To overcome resistance, the hedge fund manager raised its $ 600 million bid last week. The revised offer did not include new cash but promised to take on obligations that could cause the trader to continue in debt. It also includes additional 57 real estate, as well as receivables and inventories
Not all sees Sears as a lost cause. Some of the surviving stores are in rugged shopping malls, and other places in rural areas face less competition as competitors have closed their stores or left the business. But big changes have to happen for Sears to become viable, analysts say.
"We think there is a way to survive, but they have to throw away clothes and dedicate the entire store to hard lines," says Craig Johnson, president of the customer growth consultancy. "Sears still has a lot of confidence in the appliances and they can restore this business."
Former executives say the idea was considered years ago, but it is considered impossible, as consumers buy a lot of tickets as appliances too rarely. It will also depend on Sears' ability to reduce the size of its stores, something he is trying to do by giving up excess space to grocery stores and competitive retail chains. in Oak Brook, Illinois, which was opened in October. At 62,000 square meters is about one-third of its original size. The redundant store no longer sells consumer electronics and jewelery, although most other product categories are available.
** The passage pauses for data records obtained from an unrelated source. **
//! Programs run by hand, in the language's own text beside each.

use super::*;
use loda_semantics::FaultKind;
use loda_syntax::{Instr, Operand, Verb};
use std::test::Fail;

fn arith(verb: Verb, target: u16, source: Operand) -> Instr {
    Instr::Arith {
        verb,
        target: Operand::Direct(target),
        source,
    }
}

// mov $1,1 / lpb $0 / sub $0,1 / mov $3,$1 / add $1,$2 / mov $2,$3 / lpe / mov $0,$2
fn fibonacci() -> [Instr; 8] {
    [
        arith(Verb::Mov, 1, Operand::Constant(1)),
        Instr::LoopStart { start: 0, len: 1 },
        arith(Verb::Sub, 0, Operand::Constant(1)),
        arith(Verb::Mov, 3, Operand::Direct(1)),
        arith(Verb::Add, 1, Operand::Direct(2)),
        arith(Verb::Mov, 2, Operand::Direct(3)),
        Instr::LoopEnd,
        arith(Verb::Mov, 0, Operand::Direct(2)),
    ]
}

// mov $1,2 / lpb $0,2 / sub $1,1 / add $2,1 / lpe / mov $0,$2
fn region_of_two() -> [Instr; 6] {
    [
        arith(Verb::Mov, 1, Operand::Constant(2)),
        Instr::LoopStart { start: 0, len: 2 },
        arith(Verb::Sub, 1, Operand::Constant(1)),
        arith(Verb::Add, 2, Operand::Constant(1)),
        Instr::LoopEnd,
        arith(Verb::Mov, 0, Operand::Direct(2)),
    ]
}

// lpb $0 / sub $0,1 / mov $1,3 / lpb $1 / sub $1,1 / add $2,1 / lpe / lpe / mov $0,$2
fn nested() -> [Instr; 9] {
    [
        Instr::LoopStart { start: 0, len: 1 },
        arith(Verb::Sub, 0, Operand::Constant(1)),
        arith(Verb::Mov, 1, Operand::Constant(3)),
        Instr::LoopStart { start: 1, len: 1 },
        arith(Verb::Sub, 1, Operand::Constant(1)),
        arith(Verb::Add, 2, Operand::Constant(1)),
        Instr::LoopEnd,
        Instr::LoopEnd,
        arith(Verb::Mov, 0, Operand::Direct(2)),
    ]
}

// lpb $0 / sub $0,1 / mov $3,5000 / lpb $3 / sub $3,1 / add $1,1 / lpe / lpe / mov $0,$1
fn long_iterations() -> [Instr; 9] {
    [
        Instr::LoopStart { start: 0, len: 1 },
        arith(Verb::Sub, 0, Operand::Constant(1)),
        arith(Verb::Mov, 3, Operand::Constant(5000)),
        Instr::LoopStart { start: 3, len: 1 },
        arith(Verb::Sub, 3, Operand::Constant(1)),
        arith(Verb::Add, 1, Operand::Constant(1)),
        Instr::LoopEnd,
        Instr::LoopEnd,
        arith(Verb::Mov, 0, Operand::Direct(1)),
    ]
}

// mov $0,$$0
fn indirect() -> [Instr; 1] {
    [Instr::Arith {
        verb: Verb::Mov,
        target: Operand::Direct(0),
        source: Operand::Indirect(0),
    }]
}

// mov $3,$0 / clr $0,3 / add $0,$3
fn cleared() -> [Instr; 3] {
    [
        arith(Verb::Mov, 3, Operand::Direct(0)),
        Instr::Clear { start: 0, count: 3 },
        arith(Verb::Add, 0, Operand::Direct(3)),
    ]
}

// mov $1,5 / lpb $0 / seq $1,45 / sub $0,1 / lpe / mov $0,$1
fn caller() -> [Instr; 6] {
    [
        arith(Verb::Mov, 1, Operand::Constant(5)),
        Instr::LoopStart { start: 0, len: 1 },
        Instr::Call {
            target: Operand::Direct(1),
            name: 45,
        },
        arith(Verb::Sub, 0, Operand::Constant(1)),
        Instr::LoopEnd,
        arith(Verb::Mov, 0, Operand::Direct(1)),
    ]
}

fn program(rt: &HostRuntime, list: &[Instr]) -> Result<Program, Fail> {
    match Program::new(list.to_vec(rt.alloc())?) {
        Ok(program) => Ok(program),
        Err(_) => Err("the list is no program")?,
    }
}

fn number(value: i128) -> Result<Num, Fail> {
    Ok(Num::new(value).ok_or("the value is no number")?)
}

#[test]
fn machine_stops(rt: HostRuntime) -> Result<(), Fail> {
    let fibonacci = fibonacci();
    let region_of_two = region_of_two();
    let nested = nested();
    let long_iterations = long_iterations();
    let indirect = indirect();
    let cleared = cleared();
    let rows = [
        (fibonacci.as_slice(), 7, 100, Stop::Done(number(13)?), 57),
        (fibonacci.as_slice(), 0, 100, Stop::Done(number(0)?), 92),
        (fibonacci.as_slice(), 7, 42, Stop::Spent, 0),
        (region_of_two.as_slice(), 0, 100, Stop::Done(number(2)?), 85),
        (region_of_two.as_slice(), 0, 14, Stop::Spent, 0),
        (nested.as_slice(), 2, 1000, Stop::Done(number(6)?), 950),
        // one iteration that goes on, and one that is undone, of more than 10,000 writes each
        (
            long_iterations.as_slice(),
            1,
            40000,
            Stop::Done(number(5000)?),
            9984,
        ),
        (indirect.as_slice(), 4095, 9, Stop::Done(number(0)?), 8),
        (
            indirect.as_slice(),
            4096,
            9,
            Stop::Fault(FaultKind::BadCell),
            8,
        ),
        (
            indirect.as_slice(),
            -1,
            9,
            Stop::Fault(FaultKind::BadCell),
            8,
        ),
        (cleared.as_slice(), 7, 5, Stop::Done(number(7)?), 0),
        (cleared.as_slice(), 7, 3, Stop::Spent, 2),
    ];
    for (list, arg, budget, stop, left) in rows {
        let program = program(&rt, list)?;
        let mut machine = Machine::start(rt.alloc(), &program, number(arg)?)?;
        let mut steps: u64 = budget;
        assert_eq!(rt;
            machine.advance(&program, &mut steps)?,
            stop,
            "at {arg} with {budget}"
        );
        assert_eq!(rt; steps, left, "at {arg} with {budget}");
        assert_eq!(rt; machine.phase(), Phase::Ended);
        machine.restart(&program, number(arg)?);
        let mut steps: u64 = budget;
        assert_eq!(rt;
            machine.advance(&program, &mut steps)?,
            stop,
            "again at {arg} with {budget}"
        );
        assert_eq!(rt; steps, left, "again at {arg} with {budget}");
    }
    Ok(())
}

#[test]
fn calls_are_answered(rt: HostRuntime) -> Result<(), Fail> {
    let program = program(&rt, &caller())?;
    let mut machine = Machine::start(rt.alloc(), &program, number(1)?)?;
    let mut steps = 20;
    assert_eq!(rt;
        machine.advance(&program, &mut steps)?,
        Stop::Call {
            name: 45,
            arg: number(5)?
        }
    );
    assert!(rt; matches!(machine.phase(), Phase::Waiting));
    machine.answer(number(8)?);
    assert!(rt; matches!(machine.phase(), Phase::Ready));
    assert_eq!(rt;
        machine.advance(&program, &mut steps)?,
        Stop::Call {
            name: 45,
            arg: number(8)?
        }
    );
    assert!(rt; matches!(machine.phase(), Phase::Waiting));
    machine.answer(number(13)?);
    assert_eq!(rt;
        machine.advance(&program, &mut steps)?,
        Stop::Done(number(8)?)
    );
    assert_eq!(rt; steps, 11);
    Ok(())
}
Maybe a bigger stumbling block for Sears is Mr. Lambert himself. Although he has put money into the company through short-term loans and said he has tried to do everything to keep it up, his counter-approach to trader management – including restraint in upgrading shops without the promise of return on that investment – has been catastrophic.
"Every model with Eddie is involved," said Mr. Johnson.
– Patrick Fitzgerald contributes to this article.